- What to produce -
What lines in the entries below contain the word "length"? Copy all of them.

- Data provided -
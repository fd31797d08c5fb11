// The constraints by which the backtrack search of arXiv 1603.06204, section 3, tests a placing through the products of the new element alone: forced[c] is
// the target element that the placed pairs require as the image of source element c, and owner[y] is the source element for which they reserve target element
// y. Both are 0 where nothing is required, and 255, which is no element, where two different values are. Place 0 stands for no element.

#![tactic(auto)]

ghost use Rattle.std.specs.Prelude.{◌≡◌, true, false, ◌&&◌, [], ◌∷◌, ◌++◌, ℕ, ◌+◌, ◌-◌, ◌≤◌, ◌<◌, length, get_or, take};
ghost use Rattle.semigroups.specs.Lists.{at, member};
ghost use Rattle.semigroups.specs.Tables.{largest_order, Product, Element};
ghost use Rattle.semigroups.specs.Trials.{fits, passes};
ghost use Rattle.products.specs.Tables.{times_of};
ghost use Rattle.constraints.specs.InnerConstraints.{permits, asked_at, image_product, new_fits, near_fits};
ghost use Rattle.constraints.specs.InnerTracking.{Trial, Tracks};

use products::Table;
use products::limits::{ORDER, PLACES};

// Returns whether a constraint permits the value y.
fn allowed(constraint: u8, y: usize) -> bool
    ensures answer { result ≡ permits constraint y }
{
    constraint == 0 || constraint as usize == y
}

// Notes that the value y is also required at this place.
fn note(constraints: &mut [u8; PLACES], place: usize, y: usize)
    requires { (place ≤ largest_order) × (y ≤ largest_order) }
    ensures constraints { constraints.new ≡ asked_at constraints.old place y }
{
    if allowed(constraints[place], y) {
        constraints[place] = y as u8;
    } else {
        constraints[place] = 255;
    }
}

// ---- an element tried as the next image

// An element x tried as the image of the next element: the two tables, the images of the first `len` elements, the target elements that they use (whether
// `used` already marks x makes no difference), and x.
#[derive(Clone, Copy)]
pub struct Attempt<'a> {
    pub source: &'a Table<'a>,
    pub target: &'a Table<'a>,
    pub image: &'a [u8; ORDER],
    pub used: &'a [u8; PLACES],
    pub len: usize,
    pub x: usize,
    pub ghost trial: { Trial target.now.order image.now used.now len x },
    pub ghost room: { len < source.now.order },
}

impl Attempt<'_> {
    ghost use Rattle.constraints.specs.InnerAttempt.{longer};

    // Returns the image of element a.
    fn image_of(&self, a: usize) -> usize
        requires { Element (self.now.len + 1) a }
        ensures answer { result ≡ at (longer self.now) a }
        ensures element { Element self.now.target.now.order result }
    {
        if a <= self.len {
            return self.image[a - 1] as usize;
        }
        self.x
    }

    // Returns whether the pair a, b fits: if the product of the pair is placed, its image is the product of the images; if it is not, that target element is
    // unused.
    fn pair_fits(&self, a: usize, b: usize) -> bool
        requires left { Element (self.now.len + 1) a }
        requires right { Element (self.now.len + 1) b }
        ensures answer { result ≡ fits (times_of self.now.source.now) (times_of self.now.target.now) (longer self.now) a b }
    {
        let c = self.source.times(a, b);
        let v = self.target.times(self.image_of(a), self.image_of(b));
        if c <= self.len + 1 {
            return self.image_of(c) == v;
        }
        v != self.x && self.used[v] == 0
    }

    // Returns whether the pairs of the next element fit.
    fn new_fits(&self) -> bool
        ensures answer { result ≡ new_fits (times_of self.now.source.now) (times_of self.now.target.now) (longer self.now) }
    {
        let next = self.len + 1;
        (1..next + 1).all(|j| self.pair_fits(j, next) && self.pair_fits(next, j))
    }

    // Returns whether the newest element and the next one fit as a pair. Where nothing is placed, the next element makes a pair with itself.
    fn near_fits(&self) -> bool
        ensures answer { result ≡ near_fits (times_of self.now.source.now) (times_of self.now.target.now) (longer self.now) }
    {
        self.pair_fits(self.len.max(1), self.len + 1)
    }
}

// ---- the constraints

// What the placed pairs require: `forced` of the images of source elements, and `owner` of the source elements that target elements are reserved for.
#[derive(Clone, Copy)]
pub struct Required {
    pub forced: [u8; PLACES],
    pub owner: [u8; PLACES],
}

impl Required {
    ghost use Rattle.constraints.specs.InnerAttempt.{placed_in, longer};

    // Returns the constraints that require nothing.
    pub fn nothing() -> Self
        ensures nothing { (s t : Product) → Tracks s t [] 0 0 result.forced result.owner }
    {
        Required {
            forced: [0u8; PLACES],
            owner: [0u8; PLACES],
        }
    }

    // Notes the pair a, b: its product must go to the product of the images, and that target element is reserved for it.
    #[tactic(auto, unfolding(semigroups::specs::Lists::at))]
    fn note_pair(
        &mut self,
        source: &Table<'_>,
        target: &Table<'_>,
        image: &[u8; ORDER],
        a: usize,
        b: usize,
    )
        requires left { Element source.now.order a × Element target.now.order (at image.now a) }
        requires right { Element source.now.order b × Element target.now.order (at image.now b) }
        ensures forced { self.new.forced ≡ asked_at self.old.forced (times_of source.now a b) (image_product (times_of target.now) image.now a b) }
        ensures owner { self.new.owner ≡ asked_at self.old.owner (image_product (times_of target.now) image.now a b) (times_of source.now a b) }
    {
        let c = source.times(a, b);
        let z = target.times(image[a - 1] as usize, image[b - 1] as usize);
        note(&mut self.forced, c, z);
        note(&mut self.owner, z, c);
    }

    // Notes the pairs that the newest element makes with each element placed, itself included. If no element is placed, nothing changes.
    pub fn note_newest(
        &mut self,
        source: &Table<'_>,
        target: &Table<'_>,
        image: &[u8; ORDER],
        len: usize,
    )
        requires within { len ≤ source.now.order }
        requires images { (a : ℕ) → Element len a → Element target.now.order (at image.now a) }
        requires tracks { Tracks (times_of source.now) (times_of target.now) (take len image.now) (len - 1) 0 self.old.forced self.old.owner }
        ensures constraints { Tracks (times_of source.now) (times_of target.now) (take len image.now) len 0 self.new.forced self.new.owner }
    {
        for j in 1..len + 1 {
            self.note_pair(source, target, image, j, len);
            self.note_pair(source, target, image, len, j);
        }
    }

    // Returns whether the constraints allow x as the image of element `next`.
    fn settled(&self, next: usize, x: usize) -> bool
        requires next { next ≤ largest_order }
        requires image { x ≤ largest_order }
        ensures answer { result ≡ (permits (get_or self.now.forced next 0) x && permits (get_or self.now.owner x 0) next) }
    {
        allowed(self.forced[next], x) && allowed(self.owner[x], next)
    }

    // Returns whether x is worth a test as the image of the next element: the constraints allow x, and the newest element and the next one fit as a pair. With
    // an x that is not worth a test, the list placed would not pass. This takes constant time. Only one pair is looked at, so that the compiler can put the
    // function into the loop of the search that calls it.
    pub fn may_pass(&self, attempt: &Attempt<'_>) -> bool
        requires fresh { member attempt.now.x (placed_in attempt.now) ≡ false }
        requires tracks { Tracks (times_of attempt.now.source.now) (times_of attempt.now.target.now) (placed_in attempt.now) attempt.now.len 0 self.now.forced self.now.owner }
        requires passed { passes (times_of attempt.now.source.now) (times_of attempt.now.target.now) (placed_in attempt.now) ≡ true }
        ensures answer { result ≡ ((permits (get_or self.now.forced (attempt.now.len + 1) 0) attempt.now.x && permits (get_or self.now.owner attempt.now.x 0) (attempt.now.len + 1)) && near_fits (times_of attempt.now.source.now) (times_of attempt.now.target.now) (longer attempt.now)) }
        ensures refused { result ≡ false → passes (times_of attempt.now.source.now) (times_of attempt.now.target.now) (longer attempt.now) ≡ false }
    {
        self.settled(attempt.len + 1, attempt.x) && attempt.near_fits()
    }

    // Returns whether the list placed passes with x as the image of the next element: the constraints allow x, and its new pairs fit.
    pub fn passes_with(&self, attempt: &Attempt<'_>) -> bool
        requires fresh { member attempt.now.x (placed_in attempt.now) ≡ false }
        requires tracks { Tracks (times_of attempt.now.source.now) (times_of attempt.now.target.now) (placed_in attempt.now) attempt.now.len 0 self.now.forced self.now.owner }
        requires passed { passes (times_of attempt.now.source.now) (times_of attempt.now.target.now) (placed_in attempt.now) ≡ true }
        ensures answer { result ≡ passes (times_of attempt.now.source.now) (times_of attempt.now.target.now) (longer attempt.now) }
    {
        self.settled(attempt.len + 1, attempt.x) && attempt.new_fits()
    }
}
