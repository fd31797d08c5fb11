// Tables with their elements numbered anew: first those that are no product of two elements, then the others by their first places in the table.

#![tactic(auto)]

ghost use Rattle.std.specs.Prelude.{◌≡◌, ◌*◌, ◌≤◌, length};
ghost use Rattle.semigroups.specs.Calls.{overwritten};
ghost use Rattle.renaming.specs.InnerRenaming.{products_last, renamed_cells};

use light::FoundElements;
use products::Table;

pub mod old;

// Returns the elements in the sequence in which they are numbered anew: first those that are no product, in rising order; then the others by their first places
// in the table, read row after row, the earliest first.
fn products_last(table: &Table<'_>) -> FoundElements
    ensures answer { result ≡ products_last table.now.order table.now.cells.now }
{
    let counts = table.frequencies();
    let mut found = FoundElements::new();
    for x in 1..table.order + 1 {
        if counts[x - 1] == 0 {
            found.add(x);
        }
    }
    for y in table.cells {
        found.add(*y as usize);
    }
    found
}

// Writes to `renamed` the table in which each element has the number of its place in the list that `products_last` returns; later bytes are untouched. The
// two tables are isomorphic.
pub fn rename(table: &Table<'_>, renamed: &mut [u8])
    requires { table.now.order * table.now.order ≤ length renamed.old }
    ensures renamed { renamed.new ≡ overwritten (renamed_cells table.now.order table.now.cells.now) renamed.old }
{
    let found = products_last(table);
    parts::write_part(table, found.as_slice(), renamed);
}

- Solution for this task -
ghost use Rattle.std.specs.Prelude.{◌≡◌, true, false, ◌&&◌, [], ◌∷◌, ◌++◌, ℕ, ◌+◌, ◌-◌, ◌≤◌, ◌<◌, length, get_or, take};
ghost use Rattle.std.specs.Prelude.{◌≡◌, ◌*◌, ◌≤◌, length};
    requires { table.now.order * table.now.order ≤ length renamed.old }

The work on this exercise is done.